- Episode no.: Season 1 Episode 1
- Directed by: Paul McGuigan
- Written by: David Guggenheim
- Original air date: September 21, 2016
- Running time: 44 minutes

Episode chronology
| ← Previous — | Next → "The First Day" |
- Designated Survivor season 1

= Pilot (Designated Survivor) =

"Pilot" is the first episode in the American political drama series Designated Survivor. It was aired on ABC on September 21, 2016 in the United States, CTV in Canada, and on Netflix worldwide. The episode shows Thomas "Tom" Kirkman (Kiefer Sutherland), a low-ranking member of the US Cabinet, unexpectedly ascending to the rank of President of the United States after his predecessor and every other member of the presidential line of succession is killed in a terrorist attack.

==Synopsis==
On the night of January 20, U.S. Secretary of Housing and Urban Development Thomas Kirkman and his wife Alex are watching the State of the Union address from a secure location. Earlier that day, he had been offered the position of Ambassador to the International Civil Aviation Organization (which, in practice, was a way of firing him). He is not in attendance himself because, as a final snub, he has been nominated the designated survivor – a custom used every time the President, Vice President, and other members of the line of succession are gathered in a single place (such as at State of the Union addresses and Presidential inaugurations), where a low-ranking person in the line of succession is kept in a secret location to ensure that someone can succeed to the Presidency in the event of a catastrophe.
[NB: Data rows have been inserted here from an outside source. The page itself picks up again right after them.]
// Operators on typed operands: on values, and on each measure of data sets.
//
// A literal beside an operand is asked against the kinds of all its measures at the literal (`beside_kinds`), and the
// call does not ask again: the least rule of the literal comes before what stands behind it.
ghost use Rattle.std.specs.Prelude.{◌≡◌, ◌≢◌, ◌++◌, ◌∷◌, [], IfOk, OnOk, length, map};
ghost use Rattle.check_faults.specs.Answers.{Answers};
ghost use Rattle.vtl_tree.specs.CompExp.{const};
ghost use Rattle.vtl_tree.specs.View.{comp_exp_of};
ghost use Rattle.check_operators.specs.Operators.{first_fits, given_by, given_structure, meets_first, membership, on_choice, on_datasets, on_measures, on_operands, on_pair, on_parted, on_values, operator_form, parted_view, set_form, structure_by};
ghost use Rattle.check_operators.specs.Typed.{boxed_tree, typed_tree, typed_trees, value};

use crate::operands::{Parted, part};
use crate::operator_kinds::{GivenKinds, OfTwo, between_kinds};
use crate::placing::{
    is_binary, is_choice, misplaced_rule, outcome_of, takes_dataset, takes_literals,
};
use crate::typed::made_of;
use crate::{Place, Typed};
use check_faults::{Rule, TypeErr, broken};
use check_shapes::{Operator, any_unmet, choose_by, measured, pair};
use check_values::{call, kinds_in, set as set_members};
use std::alloc::{AllocError, Global};
use vtl_cell::{Cell, Kind, ScalarOp, counted_kinds};
use vtl_decimal::Profile;
use vtl_syntax::Literal;
use vtl_text::List;
use vtl_tree::{Choice, CompExpr, MeasureOp, Node, NodeForm, Outcome, Structure, kind};

// What an operator gives for the measures of a structure, by the kinds that it gives for them.
fn structure_by(
    alloc: Global,
    outcome: Outcome,
    by_operands: &GivenKinds,
    given: &GivenKinds,
    literals: bool,
    structure: &Structure,
) -> Result<Structure, TypeErr>
    ensures { Answers (λ s. s) result (structure_by outcome (given_by by_operands.now) (given_by given.now) literals structure.now.components) }
{
    let components = structure.components.as_slice();
    broken(Rule::WrongKind, any_unmet(by_operands, None, components))?;
    broken(Rule::WrongLiteral, any_unmet(given, None, components))?;
    measured(
        alloc,
        outcome,
        given,
        literals,
        Choice::Except,
        &[],
        structure,
    )
}

// The same between values.
fn measures_structure(
    alloc: Global,
    op: ScalarOp,
    literals: bool,
    before: &[CompExpr],
    after: &[CompExpr],
    structure: &Structure,
) -> Result<Structure, TypeErr>
    ensures { Answers (λ s. s) result (given_structure op literals (map comp_exp_of before.now) (map comp_exp_of after.now) structure.now.components) }
{
    let before = kinds_in(alloc, before)?;
    let after = kinds_in(alloc, after)?;
    let counted = counted_kinds(alloc, op, &after)?;
    let by_operands = between_kinds(alloc, op, &before, &counted)?;
    let given = between_kinds(alloc, op, &before, &after)?;
    structure_by(
        alloc,
        outcome_of(op),
        &by_operands,
        &given,
        literals,
        structure,
    )
}

// An operator on each measure of a data set, between values.
#[tactic(auto, unfolding(crate::specs::Operators::on_measures))]
fn on_measures(
    alloc: Global,
    op: ScalarOp,
    literals: bool,
    before: Vec<CompExpr>,
    a: Box<Node>,
    after: Vec<CompExpr>,
) -> Result<Typed, TypeErr>
    ensures { Answers typed_tree result (on_measures op literals (map comp_exp_of before.items) (boxed_tree a) (map comp_exp_of after.items)) }
{
    let structure = measures_structure(alloc, op, literals, &before, &after, &a.structure)?;
    let op = MeasureOp {
        op,
        before: List::of(before),
        after: List::of(after),
    };
    made_of(alloc, structure, NodeForm::Measures { op, a })
}

// An operator on the measures of two data sets.
#[tactic(auto, unfolding(crate::specs::Operators::on_pair))]
fn on_pair(alloc: Global, op: ScalarOp, a: Box<Node>, b: Box<Node>) -> Result<Typed, TypeErr>
    ensures { Answers typed_tree result (on_pair op (boxed_tree a) (boxed_tree b)) }
{
    let structure = pair(
        alloc,
        outcome_of(op),
        &OfTwo { op },
        &a.structure,
        &b.structure,
    )?;
    made_of(alloc, structure, NodeForm::Pair { op, a, b })
}

// `if` on data sets.
#[tactic(auto, unfolding(crate::specs::Operators::on_choice))]
fn on_choice(alloc: Global, c: Box<Node>, a: Box<Node>, b: Box<Node>) -> Result<Typed, TypeErr>
    ensures { Answers typed_tree result (on_choice (boxed_tree c) (boxed_tree a) (boxed_tree b)) }
{
    let structure = choose_by(alloc, &c.structure, &a.structure, &b.structure)?;
    made_of(alloc, structure, NodeForm::Choose { c, a, b })
}

// One data set between values.
fn on_one(
    alloc: Global,
    op: ScalarOp,
    literals: bool,
    before: Vec<CompExpr>,
    a: Box<Node>,
    after: Vec<CompExpr>,
) -> Result<Typed, TypeErr>
    ensures { Answers typed_tree result (on_datasets op literals (map comp_exp_of before.items) (boxed_tree a ∷ []) (map comp_exp_of after.items)) }
{
    if takes_dataset(op, before.len()) {
        on_measures(alloc, op, literals, before, a, after)
    } else {
        Err(TypeErr::Broken(misplaced_rule(true, literals)))
    }
}

// Two data sets alone.
fn on_two(
    alloc: Global,
    op: ScalarOp,
    literals: bool,
    a: Box<Node>,
    b: Box<Node>,
) -> Result<Typed, TypeErr>
    ensures { Answers typed_tree result (on_datasets op literals [] (boxed_tree a ∷ boxed_tree b ∷ []) []) }
{
    if is_binary(op) {
        on_pair(alloc, op, a, b)
    } else {
        Err(TypeErr::Broken(misplaced_rule(true, literals)))
    }
}

// Three data sets alone.
fn on_three(
    alloc: Global,
    op: ScalarOp,
    literals: bool,
    datasets: [Box<Node>; 3],
) -> Result<Typed, TypeErr>
    ensures { Answers typed_tree result (on_datasets op literals [] (map boxed_tree datasets) []) }
{
    let [c, a, b] = datasets;
    if is_choice(op) {
        on_choice(alloc, c, a, b)
    } else {
        Err(TypeErr::Broken(misplaced_rule(true, literals)))
    }
}

// More than two data sets alone.
#[tactic(auto, using(crate::proofs::OperatorLemmas::many_datasets))]
fn on_many(
    alloc: Global,
    op: ScalarOp,
    literals: bool,
    datasets: Vec<Box<Node>>,
) -> Result<Typed, TypeErr>
    requires not_one { length datasets.items ≢ 1 }
    requires not_two { length datasets.items ≢ 2 }
    ensures { Answers typed_tree result (on_datasets op literals [] (map boxed_tree datasets.items) []) }
{
    match <[Box<Node>; 3]>::try_from(datasets) {
        Ok(datasets) => on_three(alloc, op, literals, datasets),
        Err(_) => Err(TypeErr::Broken(misplaced_rule(true, literals))),
    }
}

// Several data sets alone.
fn on_several(
    alloc: Global,
    op: ScalarOp,
    literals: bool,
    datasets: Vec<Box<Node>>,
) -> Result<Typed, TypeErr>
    requires { length datasets.items ≢ 1 }
    ensures { Answers typed_tree result (on_datasets op literals [] (map boxed_tree datasets.items) []) }
{
    match <[Box<Node>; 2]>::try_from(datasets) {
        Ok([a, b]) => on_two(alloc, op, literals, a, b),
        Err(datasets) => on_many(alloc, op, literals, datasets),
    }
}

// Several data sets, possibly among values.
#[tactic(auto, using(crate::proofs::OperatorLemmas::beside_values))]
fn on_several_among(
    alloc: Global,
    op: ScalarOp,
    literals: bool,
    before: Vec<CompExpr>,
    datasets: Vec<Box<Node>>,
    after: Vec<CompExpr>,
) -> Result<Typed, TypeErr>
    requires { length datasets.items ≢ 1 }
    ensures { Answers typed_tree result (on_datasets op literals (map comp_exp_of before.items) (map boxed_tree datasets.items) (map comp_exp_of after.items)) }
{
    if before.is_empty() && after.is_empty() {
        on_several(alloc, op, literals, datasets)
    } else {
        Err(TypeErr::Broken(misplaced_rule(true, literals)))
    }
}

// An operator on operands, some of them data sets.
fn on_datasets(
    alloc: Global,
    op: ScalarOp,
    literals: bool,
    before: Vec<CompExpr>,
    datasets: Vec<Box<Node>>,
    after: Vec<CompExpr>,
) -> Result<Typed, TypeErr>
    ensures { Answers typed_tree result (on_datasets op literals (map comp_exp_of before.items) (map boxed_tree datasets.items) (map comp_exp_of after.items)) }
{
    match <[Box<Node>; 1]>::try_from(datasets) {
        Ok([a]) => on_one(alloc, op, literals, before, a, after),
        Err(datasets) => on_several_among(alloc, op, literals, before, datasets, after),
    }
}

fn on_values(
    alloc: Global,
    op: ScalarOp,
    literals: bool,
    values: Vec<CompExpr>,
) -> Result<Typed, TypeErr>
    ensures { Answers typed_tree result (on_values op literals (map comp_exp_of values.items)) }
{
    Ok(Typed::Value(call(alloc, op, literals, values)?))
}

fn on_operands(
    alloc: Global,
    place: &Place,
    op: ScalarOp,
    number: bool,
    literals: bool,
    operands: Parted,
) -> Result<Typed, TypeErr>
    ensures { Answers typed_tree result (on_operands place.now op number literals (parted_view operands).before (parted_view operands).datasets (parted_view operands).after) }
{
    let Parted {
        before,
        datasets,
        after,
    } = operands;
    match (place, datasets.as_slice()) {
        (_, []) => on_values(alloc, op, literals, before),
        (Place::Outside, _) if number => on_datasets(alloc, op, literals, before, datasets, after),
        _ => Err(TypeErr::Broken(misplaced_rule(number, literals))),
    }
}

/// An operator on its operands. Whether their number is right, and whether those that have to be literals are literals,
/// is given by the caller, which sees how they are written.
#[tactic(auto, unfolding(crate::specs::Operators::operator_form))]
pub fn operator(
    alloc: Global,
    place: &Place,
    op: ScalarOp,
    number: bool,
    literals: bool,
    operands: Vec<Typed>,
) -> Result<Typed, TypeErr>
    ensures { Answers typed_tree result (operator_form place.now op number literals (typed_trees operands)) }
{
    let operands = part(alloc, operands)?;
    on_parted(alloc, place, op, number, literals, operands)
}

fn on_parted(
    alloc: Global,
    place: &Place,
    op: ScalarOp,
    number: bool,
    literals: bool,
    operands: Parted,
) -> Result<Typed, TypeErr>
    ensures { Answers typed_tree result (on_parted place.now op number literals (parted_view operands)) }
{
    let fits = first_fits(alloc, op, &operands)?;
    on_operands(alloc, place, op, number && fits, literals, operands)
}

// Whether the first operand meets the row where a data set stands after it.
fn meets_first(given: &GivenKinds, before: &[CompExpr], datasets: &[Box<Node>]) -> bool
    ensures { result ≡ meets_first (given_by given.now) (map comp_exp_of before.now) (map boxed_tree datasets.now) }
{
    match (before, datasets) {
        (_, []) => true,
        ([first, ..], _) => given.gives(kind(first), kind(first)).is_some(),
        ([], [first, _, ..]) => !any_unmet(given, None, first.structure.components.as_slice()),
        ([], _) => true,
    }
}

// Kinds are asked also where a data set stands in the place of a literal.
fn first_fits(alloc: Global, op: ScalarOp, operands: &Parted) -> Result<bool, AllocError>
    ensures { IfOk result (λ fits. fits ≡ first_fits op (parted_view operands.now).before (parted_view operands.now).datasets) }
{
    if !takes_literals(op) {
        return Ok(true);
    }
    let given = between_kinds(alloc, op, &[], &[Kind::Int])?;
    Ok(meets_first(&given, &operands.before, &operands.datasets))
}

fn membership(negated: bool) -> ScalarOp
    ensures { result ≡ membership negated }
{
    if negated {
        ScalarOp::NotIn
    } else {
        ScalarOp::In
    }
}

fn push_members(operands: &mut Vec<Typed>, cells: Vec<Cell>) -> Result<(), AllocError>
    ensures { OnOk result (typed_trees operands.new ≡ typed_trees operands.old ++ map (λ c. value (const c)) cells.items) }
{
    for cell in cells {
        operands.push(Typed::Value(CompExpr::Const(cell)))?;
    }
    Ok(())
}

// An operand and the members of a set after it.
fn with_members(alloc: Global, operand: Typed, cells: Vec<Cell>) -> Result<Vec<Typed>, AllocError>
    ensures { IfOk result (λ v. typed_trees v ≡ typed_tree operand ∷ map (λ c. value (const c)) cells.items) }
{
    let mut operands = Vec::new(alloc);
    operands.push(operand)?;
    push_members(&mut operands, cells)?;
    Ok(operands)
}

/// `in` and `not_in`: the members of the set, and then the operator.
#[tactic(auto, unfolding(crate::specs::Operators::set_form))]
pub fn set(
    alloc: Global,
    profile: &Profile,
    place: &Place,
    negated: bool,
    literals: &[Literal],
    operand: Typed,
) -> Result<Typed, TypeErr>
    ensures { Answers typed_tree result (set_form profile.now place.now negated literals.now (typed_tree operand)) }
{
    let cells = set_members(alloc, profile, &operand.beside_kinds(alloc)?, literals)?;
    let operands = with_members(alloc, operand, cells.into_vec())?;
    operator(alloc, place, membership(negated), true, true, operands)
}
Unexpectedly, the news feed cuts out. Moments later, his Secret Service detail rushes into the room, and when Kirkman opens the security shutter on the window, he sees an enormous fireball that has engulfed the Capitol Building. Kirkman and his wife are rushed from their safe house, while another security detail goes off to find their children. En route to the White House, Kirkman’s body guard receives confirmation that the blast has killed everyone who attended the State of the Union, including President Richmond, the Vice President, the Speaker of the House, the rest of the Cabinet, everyone in both houses of Congress, many of the Joint Chiefs of Staff, and all nine of the Supreme Court Justices. Under the Presidential Succession Act, Kirkman is now President of the United States.

Upon arrival at the White House, Kirkman (dressed in jeans and a hoodie) is sworn in by a DC appellate judge. He is then escorted by Richmond’s Deputy Chief of Staff Aaron Shore to the Presidential Emergency Operations Center, which is abuzz with chaos in the aftermath of the bombing. The most senior military officer in the room, General Harris Cochrane, demands that the US immediately move onto a war footing. Overwhelmed, Kirkman goes to the bathroom to vomit. In the next cubicle, speech writer Seth Wright offers sympathy and, not realizing who it is, expresses doubt in Kirkman due to his lack of political experience and seniority (as his position would normally put him twelfth in the line of succession). When he emerges, Kirkman brushes aside his embarrassment and asks Seth to write him a speech.

Meanwhile, after some difficulty locating the President’s son Leo, both of the President’s children arrive at the White House, as does his Chief of Staff Emily Rhodes. President Kirkman is informed that the Iranian Navy is moving several destroyers to the Strait of Hormuz, a major provocation. General Cochrane suggests a swift show of force, but Kirkman decides instead to call a meeting with the Iranian Ambassador, and orders Cochrane to scramble bombers. At the meeting, Kirkman (dressed in a borrowed suit) – in a surprising display of strength – warns the Ambassador that he is willing to authorize an attack on Tehran if the destroyers are not pulled back. Kirkman then delivers Seth’s speech to the nation, while Shore and Cochrane discuss whether he should be removed.

Elsewhere in DC, FBI agent Hannah Wells attempts to phone Senator Scott Wheeler, her lover who was present at the State of the Union, but receives no answer. She is then called away by her boss to join the investigation into the bombing. Instead of going back to HQ, she goes to the bomb site, and convinces Deputy Director Jason Atwood to let her join in. After another unsuccessful attempt at trying to reach Scott, a bomb is located amongst the rubble, which turns out not to be active. Upon investigating the bomb, it is discovered to be a Soviet anti-tank mine most commonly used by jihadist terror groups. However, Hannah expresses doubt that this is the case, because there was no chatter from any such groups. This could additionally suggest that the group who bombed the Capitol has not yet finished.

==Reception==
The episode received mixed-to-positive reviews, with Laura Akers of Den of Geek noting that the show had similarities with political drama The West Wing, and, while stating that the pilot episode had a somewhat shaky start, observing that the “split focus” between Kirkman and Wells’ storylines was “unwieldy,” it had “all the ingredients of an interesting and possibly even compelling series.” Brian Moylan of The Guardian, meanwhile, gave a negative review, with particular criticism focusing on the dialogue. Terri Schwartz of IGN praised the episode for its storyline, and in particular Sutherland’s performance.